This FormBlends review is specific to "@eddyquekett's testosterone gel vs injection claims checked" from Eddy 🌱. We read the clip as a TRT social video fact-checks claim about Testosterone, then separate the useful signal from what a short social video cannot prove. The page-specific claim focus is: Testosterone gel produces a flatter pharmacokinetic profile compared to intramuscular injections, which generate supraphysiologic peaks followed by troughs.

The reason this review is not generic is the source wording and the canonical claim label "trt replying to latinxtwink some thoughts on testosterone gel v." In this clip, the useful excerpt is: "I've had quite a few comments like these, so I want to quickly talk about the idea that injections work faster and better than testosterone gel." That wording changes the review because it points to Testosterone evidence, safety, and patient-fit context, not a one-size-fits-all protocol.
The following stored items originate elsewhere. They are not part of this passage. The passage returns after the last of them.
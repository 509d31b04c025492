ghost use Rattle.std.specs.Prelude.{◌≡◌};
ghost use Rattle.tds_front.specs.Faults.{fault_number};

/// What an application did that the protocol doesn't allow. Its end takes nothing any more.
#[derive(Clone, Copy, PartialEq, Eq, Debug)]
pub enum FrontFault {
    /// 1: a packet's type is that of no request and of no attention (MS-TDS 2.2.3.1.1).
    UnknownType,
    /// 2: a packet's status has a bit that isn't defined (MS-TDS 2.2.3.1.2).
    WrongStatus,
    /// 3: a packet's length is below 8, or over the packet size (MS-TDS 2.2.3.1.3).
    WrongLength,
    /// 4: a packet has no data, and begins its message or doesn't end it.
    EmptyPart,
    /// 5: a packet of a request came while a request was underway.
    RequestWhileAnswering,
    /// 6: the packet's type isn't that of the message that it goes on with.
    TypeChanged,
    /// 7: a message's first packet asks for both resets (MS-TDS 2.2.3.1.2).
    BothResets,
    /// 8: an attention has data, or a status other than end of message (MS-TDS 2.2.1.7).
    WrongAttention,
    /// 9: a packet has the ignore bit without end of message (MS-TDS 2.2.3.1.2).
    IgnoredPart,
    /// 10: an attention came before the one before it was acknowledged.
    SecondAttention,
    /// 11: a request has no ALL_HEADERS in front of its body, or one of more than 65,535 bytes
    /// (MS-TDS 2.2.5.3).
    WrongHeaders,
}

impl FrontFault {
    /// The fault's number, 1 to 11.
    pub fn number(&self) -> u8
        ensures { result ≡ fault_number self.now }
    {
        match self {
            FrontFault::UnknownType => 1,
            FrontFault::WrongStatus => 2,
            FrontFault::WrongLength => 3,
            FrontFault::EmptyPart => 4,
            FrontFault::RequestWhileAnswering => 5,
            FrontFault::TypeChanged => 6,
            FrontFault::BothResets => 7,
            FrontFault::WrongAttention => 8,
            FrontFault::IgnoredPart => 9,
            FrontFault::SecondAttention => 10,
            FrontFault::WrongHeaders => 11,
        }
    }
}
The source trail for this page is checked against Cardiovascular Safety of Testosterone-Replacement Therapy (2023), Testosterone therapy in men with androgen deficiency syndromes: an Endocrine Society clinical practice guideline (2010), and Functional testosterone deficiency in aging men: Clinical impact, diagnostic pathways, and treatment strategies (2026), plus the creator's own wording. Testosterone decisions still need an eligibility review, medication-interaction screen, access check, and quality-control review before anyone treats a social clip as medical advice.

Weekly testosterone injections produce supraphysiologic peaks in the first 24-72 hours post-dose, confirmed by Phat et al.
People who land here are usually comparing the Testosterone claim with [object Object].
The strongest next step is to compare the claim with FormBlends' Testosterone guide, evidence notes, and provider review path before acting.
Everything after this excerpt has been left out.